To order a copy of Better Together Kitchen Cookbooks, visit https://bettertogetherkitchen.com/
Follow Better Together Kitchen on Instagram @bettertogetherkitchen
Salmon with Tahini and Herb Salad
Serves 6-8
Ingredients:
- 1 side of salmon (approx. 1.5kg), skin and bloodline removed
- 5 cup tahini dip
Herb Salad
- 1 big bunch parsley, finely chopped
- ½ bunch mint leaves, finely chopped
- 150g walnuts, toasted and chopped
- 2 long red chillies, finely diced
- ½ small red onion finely diced
- 1 heaped tablespoon sumac
- 1 flat teaspoon cinnamon
- Juice 1-2 lemons
- ½ cup pomegranate seeds
- ¼ cup olive oil
Method:
Preheat the oven to 170C
Place salmon on a lined baking tray. Brush with a little olive oil and season lightly with salt and pepper.
Bake for 25-30 minutes or until cooked to your liking. Remove from oven and allow to cool to room temperature.
For the herb salad, combine all ingredients in a large bowl. If you are making this in advance, combine everything except the pomegranate, oil and lemon juice. Add these just before serving and toss to combine.
To assemble, place fish on a serving platter. Spread a layer of tahini dip over fish. Top with herb salad and serve with extra tahini on the side.
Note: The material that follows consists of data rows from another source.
// A line in memory, with ample memory.
use gdb_line::{Line, LineFault, MemoryLine};
use std::test::Fail;

#[test]
fn pieces_come_and_go(rt: HostRuntime) -> Result<(), Fail> {
    let bytes = Vec::from_slice(rt.alloc(), b"+$g#67")?;
    let failing = Vec::from_slice(rt.alloc(), &[4, 6])?;
    let mut line = MemoryLine::new(rt.alloc(), bytes, 4, 5)?.failing(failing);
    let mut room = [0; 8];
    assert_eq!(rt; line.receive(&mut room), Ok(4));
    assert_eq!(rt; &room[..4], b"+$g#".as_slice());
    assert_eq!(rt; line.look(&mut room), Ok(2));
    assert_eq!(rt; line.send(b"+"), Ok(()));
    assert_eq!(rt; line.send(b"$#00"), Err(LineFault::Failed));
    assert_eq!(rt; line.receive(&mut room), Ok(0));
    assert_eq!(rt; line.look(&mut room), Err(LineFault::Failed));
    assert_eq!(rt; line.send(b"$#000"), Err(LineFault::Failed));
    assert_eq!(rt; line.send(b"$#00"), Ok(()));
    assert_eq!(rt; line.went(), b"+$#00".as_slice());
    Ok(())
}
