// A source whose words are known, and its canonical lines.
use plan_types::Line;
use rv_asm::{assemble, disassemble};
use std::test::Fail;

// Sums the bytes of its input, at 0x11000.
const SOURCE: &[u8] = b"lui x8, 17
next: addi x10, x0, 0
addi x11, x8, 4
addi x12, x0, 1
addi x17, x0, 63
ecall
beq x10, x0, end
lw x5, 0(x8)
addi x5, x5, 1
sw x5, 0(x8)
jal x0, next
end: addi x17, x0, 93
ecall
";

const WORDS: [u32; 13] = [
    0x00011437, 0x00000513, 0x00440593, 0x00100613, 0x03f00893, 0x00000073, 0x00050a63, 0x00042283,
    0x00128293, 0x00542023, 0xfddff06f, 0x05d00893, 0x00000073,
];

#[test]
fn the_words_of_a_source_are_known(rt: HostRuntime) -> Result<(), Fail> {
    let words = assemble(rt.alloc(), SOURCE)?;
    assert_eq!(rt; words.as_slice(), WORDS.as_slice());
    Ok(())
}

#[test]
fn the_line_of_a_word_is_known(rt: HostRuntime) {
    let mut line = Line::new();
    disassemble(0xfddff06f, &mut line);
    assert_eq!(rt; line.bytes(), b"jal x0, -36".as_slice());
}
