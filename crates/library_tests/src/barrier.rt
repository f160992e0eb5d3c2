// A gate at which workers meet.
use plan_types::Gate;
use std::alloc::{AllocError, Global};
use std::sync::atomic::{AtomicBool, AtomicU32, Ordering};
use std::thread;

// How often a worker checks whether the others have come.
const LOOKS: u32 = 1_000_000;

/// In each of its calls but the first few, a worker waits until all workers have made as many. If fewer threads than
/// workers run at once, one of them waits in vain.
#[derive(Drop)]
pub(crate) struct Barrier {
    free: u32,
    calls: Vec<AtomicU32>,
    missed: AtomicBool,
}

impl Barrier {
    /// A gate for so many workers. Each has so many calls in which it doesn't wait.
    pub(crate) fn new(alloc: Global, workers: u32, free: u32) -> Result<Barrier, AllocError> {
        let mut calls = Vec::with_capacity(alloc, workers as usize)?;
        for _ in 0..workers {
            calls.push(AtomicU32::new(0))?;
        }
        Ok(Barrier {
            free,
            calls,
            missed: AtomicBool::new(false),
        })
    }

    /// How many calls each worker made, if all made equally many and none waited in vain.
    pub(crate) fn calls(&self) -> Option<u32> {
        let count = self.calls.first()?.load(Ordering::SeqCst);
        for calls in &self.calls {
            if calls.load(Ordering::SeqCst) != count {
                return None;
            }
        }
        match self.missed.load(Ordering::SeqCst) {
            true => None,
            false => Some(count),
        }
    }

    // Whether all workers have made so many calls.
    fn have_come(&self, count: u32) -> bool {
        for calls in &self.calls {
            if calls.load(Ordering::SeqCst) < count {
                return false;
            }
        }
        true
    }

    // Whether all make so many calls while this worker waits.
    fn meets(&self, count: u32) -> bool {
        for _ in 0..LOOKS {
            if self.have_come(count) {
                return true;
            }
            thread::yield_now();
        }
        false
    }
}

impl Gate for Barrier {
    fn enter(&self, piece: u32) {
        let Some(calls) = self.calls.get(piece as usize) else {
            self.missed.store(true, Ordering::SeqCst);
            return;
        };
        let count = calls.fetch_add(1, Ordering::SeqCst).saturating_add(1);
        if count > self.free && !self.meets(count) {
            self.missed.store(true, Ordering::SeqCst);
        }
    }
}
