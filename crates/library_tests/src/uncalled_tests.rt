// Public functions of the crates below that allocate and that no command calls, with ample memory.
use crate::sessions::{three, three_on};
use class_rules::in_multistage;
use cost_tables::Cost;
use disk_gen::{DiskTables, periodic_list};
use level_book::{Book, read_book};
use plan_types::Action;
use revolve_gen::revolve_list;
use std::alloc::Global;
use std::test::Fail;

#[test]
fn two_slots_keep_each_of_three_steps(rt: HostRuntime) -> Result<(), Fail> {
    let list = revolve_list(rt.alloc(), 3, &Book::plain(2))?;
    assert!(rt; list.as_slice() == three().as_slice());
    Ok(())
}

#[test]
fn tables_for_a_disk_begin_with_no_cost(rt: HostRuntime) -> Result<(), Fail> {
    let book = Book::plain(2);
    assert!(rt; DiskTables::fits(3, &book));
    let tables = DiskTables::never(rt.alloc(), 3, &book)?;
    assert!(rt; tables.steps() == 3);
    assert!(rt; tables.disk_fresh(3) == Cost::Never);
    assert!(rt; tables.disk_held(3) == Cost::Never);
    Ok(())
}

// Two levels of one slot each. The second has costs.
fn two_levels(alloc: Global) -> Result<Book, Fail> {
    let text =
        br#"{"forward":1,"reverse":1,"levels":[{"name":"RAM","slots":1,"write":0,"read":0},{"name":"DISK","slots":1,"write":2,"read":1}]}"#;
    Ok(read_book(alloc, text)?)
}

#[test]
fn lists_of_the_multistage_class_are_told_from_others(rt: HostRuntime) -> Result<(), Fail> {
    let book = two_levels(rt.alloc())?;
    assert!(rt; in_multistage(rt.alloc(), &three_on(0, 1, 1), 3, &book)?);
    assert!(rt; in_multistage(rt.alloc(), &three_on(1, 0, 0), 3, &book)?);
    assert!(rt; !in_multistage(rt.alloc(), &three_on(0, 1, 0), 3, &book)?);
    assert!(rt; !in_multistage(rt.alloc(), &three_on(0, 0, 0), 3, &book)?);
    Ok(())
}

#[test]
fn a_period_of_two_leaves_one_step_of_three_behind(rt: HostRuntime) -> Result<(), Fail> {
    let by_hand = [
        Action::store(0, 2, 1),
        Action::tape(2, 3),
        Action::EndForward,
        Action::reverse(3, 2),
        Action::take(0, 1),
        Action::store(0, 1, 0),
        Action::tape(1, 2),
        Action::reverse(2, 1),
        Action::take(0, 0),
        Action::tape(0, 1),
        Action::reverse(1, 0),
        Action::EndReverse,
    ];
    let list = periodic_list(rt.alloc(), 3, 2, &two_levels(rt.alloc())?)?;
    assert!(rt; list.as_slice() == by_hand.as_slice());
    Ok(())
}
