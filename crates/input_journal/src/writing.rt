// The bytes of a journal.
ghost use Rattle.std.specs.Prelude.{◌≡◌, ◌++◌, IfOk, OnOk};
ghost use Rattle.input_journal.specs.Form.{number, IsJournal};

use crate::journal::Journal;
use byteorder::{ByteOrder, LittleEndian};
use std::alloc::{AllocError, Global};

/// The canonical bytes of a journal.
pub fn write_journal(alloc: Global, journal: &Journal) -> Result<Vec<u8>, AllocError>
    ensures { IfOk result (λ bytes. IsJournal bytes.items journal.now) }
{
    let mut bytes = Vec::new(alloc);
    bytes.extend_from_slice(b"RVJL")?;
    push_number(&mut bytes, 1)?;
    push_number(&mut bytes, journal.count())?;
    for index in 0..journal.count() {
        let item = journal.item(index);
        push_number(&mut bytes, item.len() as u32)?;
        bytes.extend_from_slice(item)?;
    }
    Ok(bytes)
}

// Adds a number of four bytes.
fn push_number(bytes: &mut Vec<u8>, n: u32) -> Result<(), AllocError>
    ensures { OnOk result (bytes.new.items ≡ bytes.old.items ++ number n) }
{
    let mut field = [0; 4];
    LittleEndian::write_u32(&mut field, n);
    bytes.extend_from_slice(&field)
}
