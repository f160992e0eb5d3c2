// Laws of the form of a journal and of its faults. Each function does nothing; its contract is the law.
ghost use Rattle.input_journal.specs.Laws.{OneSpelling, OneForm, OneFault, JournalsHaveNoFault, JournalOrFault};

/// Bytes are those of one journal at most.
pub fn journals_are_told_apart()
    ensures { OneSpelling }
{}

/// A journal has one spelling.
pub fn spellings_are_unique()
    ensures { OneForm }
{}

/// Bytes have one first fault at most, and those of a journal have none.
pub fn faults_are_unique()
    ensures one { OneFault }
    ensures none { JournalsHaveNoFault }
{}

/// Every list of bytes is a journal or has a first fault.
pub fn bytes_are_a_journal_or_have_a_fault()
    ensures { JournalOrFault }
{}
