// Bytes that are read as a journal.
ghost use Rattle.std.specs.Prelude.{◌≡◌, ◌≢◌, ◌⊎◌, ◌+◌, ◌≤◌, ℕ, List, length, take, drop, MatchResult, IfOk, IfErr, OnOk};
ghost use Rattle.std.specs.Vec.{vec_len};
ghost use Rattle.input_journal.specs.Form.{IsJournal, IsShort};
ghost use Rattle.input_journal.specs.Faults.{FirstFault};
ghost use Rattle.input_journal.specs.RecordedInput.{text_of, AreItemsOf, HasJournalFault};
ghost use Rattle.input_journal.specs.Parts.{items_in, AreParts};
ghost use Rattle.input_journal.specs.Parser.{Gives, number_at, item_at, count_of, reading};

use crate::fault::JournalFault;
use crate::journal::{Journal, Part};
use byteorder::{ByteOrder, LittleEndian};
use std::alloc::Global;

/// The most items of a journal.
const MOST_ITEMS: u32 = 65_536;

/// The most bytes of an item.
const MOST_BYTES: u32 = 1_048_576;

/// Reads the journal that all the bytes are, and keeps them.
pub fn read_journal(alloc: Global, bytes: Vec<u8>) -> Result<Journal, JournalFault>
    // The bytes spell the journal that is read. Bytes of a journal are read, unless memory runs out.
    ensures found { IfOk result (IsJournal bytes.items) }
    ensures only { (items : List (List ℕ)) → IsJournal bytes.items items →
        MatchResult result (λ journal. journal ≡ items) (λ fault. fault ≡ JournalFault.Memory) }

    // A refusal has the first fault. Bytes with a fault are refused for it, unless memory runs out.
    ensures refused { IfErr result (λ fault. fault ≢ JournalFault.Memory → FirstFault bytes.items fault) }
    ensures first { (fault : JournalFault) → FirstFault bytes.items fault →
        MatchResult result (λ _. ⊥) (λ answer. (answer ≡ fault) ⊎ (answer ≡ JournalFault.Memory)) }
{
    let parts = read_parts(alloc, bytes.as_slice())?;
    Ok(Journal { bytes, parts })
}

/// The recorded input of a run, read from its journal; none where there is no journal.
pub fn read_recorded(alloc: Global, bytes: Option<Vec<u8>>) -> Result<Journal, JournalFault>
    ensures found { IfOk result (AreItemsOf (text_of bytes)) }
    ensures refused { IfErr result (λ fault. fault ≢ JournalFault.Memory → HasJournalFault (text_of bytes) fault) }
{
    match bytes {
        Some(bytes) => read_journal(alloc, bytes),
        None => Ok(Journal::none(alloc)),
    }
}

// Where the items of the journal are that all the bytes are.
fn read_parts(alloc: Global, bytes: &[u8]) -> Result<Vec<Part>, JournalFault>
    ensures found { IfOk result (λ parts. IsJournal bytes.now (items_in bytes.now parts.items)) }
    ensures only { (items : List (List ℕ)) → IsJournal bytes.now items →
        MatchResult result (λ parts. items_in bytes.now parts.items ≡ items) (λ fault. fault ≡ JournalFault.Memory) }
    ensures refused { IfErr result (λ fault. fault ≢ JournalFault.Memory → FirstFault bytes.now fault) }
    ensures first { (fault : JournalFault) → FirstFault bytes.now fault →
        MatchResult result (λ _. ⊥) (λ answer. (answer ≡ fault) ⊎ (answer ≡ JournalFault.Memory)) }
    ensures few { IfOk result (λ parts. vec_len parts ≤ 65536) }
    ensures parts { IfOk result (λ parts. AreParts (length bytes.now) parts.items) }
{
    find_parts(alloc, bytes)
}

// The parts of the bytes that are items, read from left to right.
#[tactic(auto, unfolding(crate::specs::Parser::reading))]
fn find_parts(alloc: Global, bytes: &[u8]) -> Result<Vec<Part>, JournalFault>
    ensures value { Gives (λ parts. items_in bytes.now parts.items) result (reading bytes.now) }
    ensures few { IfOk result (λ parts. vec_len parts ≤ 65536) }
    ensures parts { IfOk result (λ parts. AreParts (length bytes.now) parts.items) }
{
    let count = read_count(bytes)?;
    let mut parts = Vec::new(alloc);
    let mut at = 12;
    for _ in 0..count {
        let len = read_item(bytes, at)?.len();
        if parts.push(Part { at: at + 4, len }).is_err() {
            return Err(JournalFault::Memory);
        }
        at += 4 + len;
    }
    if at < bytes.len() {
        return Err(JournalFault::Trailing(at as u64));
    }
    Ok(parts)
}

// The number of items, after the letters and the version.
#[tactic(auto, unfolding(crate::specs::Parser::count_of))]
fn read_count(bytes: &[u8]) -> Result<u32, JournalFault>
    ensures value { Gives (λ n. n) result (count_of bytes.now) }
    ensures few { IfOk result (λ n. n ≤ 65536) }
    ensures within { OnOk result (12 ≤ length bytes.now) }
{
    if !bytes.starts_with(b"RVJL") {
        return Err(JournalFault::Magic);
    }
    if read_number(bytes, 4)? != 1 {
        return Err(JournalFault::Version);
    }
    let count = read_number(bytes, 8)?;
    if count > MOST_ITEMS {
        return Err(JournalFault::TooLong(8));
    }
    Ok(count)
}

// The bytes of the item whose length is at this place.
#[tactic(auto, unfolding(crate::specs::Parser::item_at))]
fn read_item(bytes: &[u8], at: usize) -> Result<&[u8], JournalFault>
    requires { at ≤ length bytes.now }
    ensures value { Gives (λ item. item.now) result (item_at at (drop at bytes.now)) }
    ensures short { IfOk result (λ item. IsShort item.now) }
    ensures within { IfOk result (λ item. at + 4 + length item.now ≤ length bytes.now) }
    ensures place { IfOk result (λ item. item.now ≡ take (length item.now) (drop (at + 4) bytes.now)) }
{
    let len = read_number(bytes, at)?;
    if len > MOST_BYTES {
        return Err(JournalFault::TooLong(at as u64));
    }
    let rest = &bytes[at + 4..];
    if rest.len() < len as usize {
        return Err(JournalFault::Truncated(at as u64 + 4));
    }
    Ok(&rest[..len as usize])
}

// The number of four bytes at a place.
fn read_number(bytes: &[u8], at: usize) -> Result<u32, JournalFault>
    requires { at ≤ length bytes.now }
    ensures value { Gives (λ n. n) result (number_at at (drop at bytes.now)) }
    ensures within { OnOk result (at + 4 ≤ length bytes.now) }
{
    let rest = &bytes[at..];
    if rest.len() < 4 {
        return Err(JournalFault::Truncated(at as u64));
    }
    Ok(LittleEndian::read_u32(rest))
}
Health benefits of salmon:
Nutrient-dense with the potential to reduce risk factors for chronic disease, salmon is a powerhouse of nutrition and health benefits. The essential omega 3 fatty acids EPA and DHA (which can only come from our diet) decrease inflammation, improve arterial function, lower blood pressure, improve metabolic health and can reduce the risks of certain cancers. Salmon supports heart and brain health, has shown benefits in improving mental health and helps with baby’s brain development during pregnancy.
Salmon is also an excellent source of B vitamins, which gives you energy, repairs DNA, reduces chronic inflammation and helps maintain optimal functioning of the brain and nervous system.
High in protein, salmon is an excellent food for children as well as adults.
Salmon contains plenty of minerals too. Potassium and selenium help manage blood pressure, reduce the risk of stroke, protects bone health, important in thyroid health and reduces the risk of cancers.
Astaxanthin is a powerful antioxidant in salmon, giving it a red hue. It has been shown to reduce LDL (bad) cholesterol and increasing HDL (good) cholesterol, protecting against heart disease and improving heart health.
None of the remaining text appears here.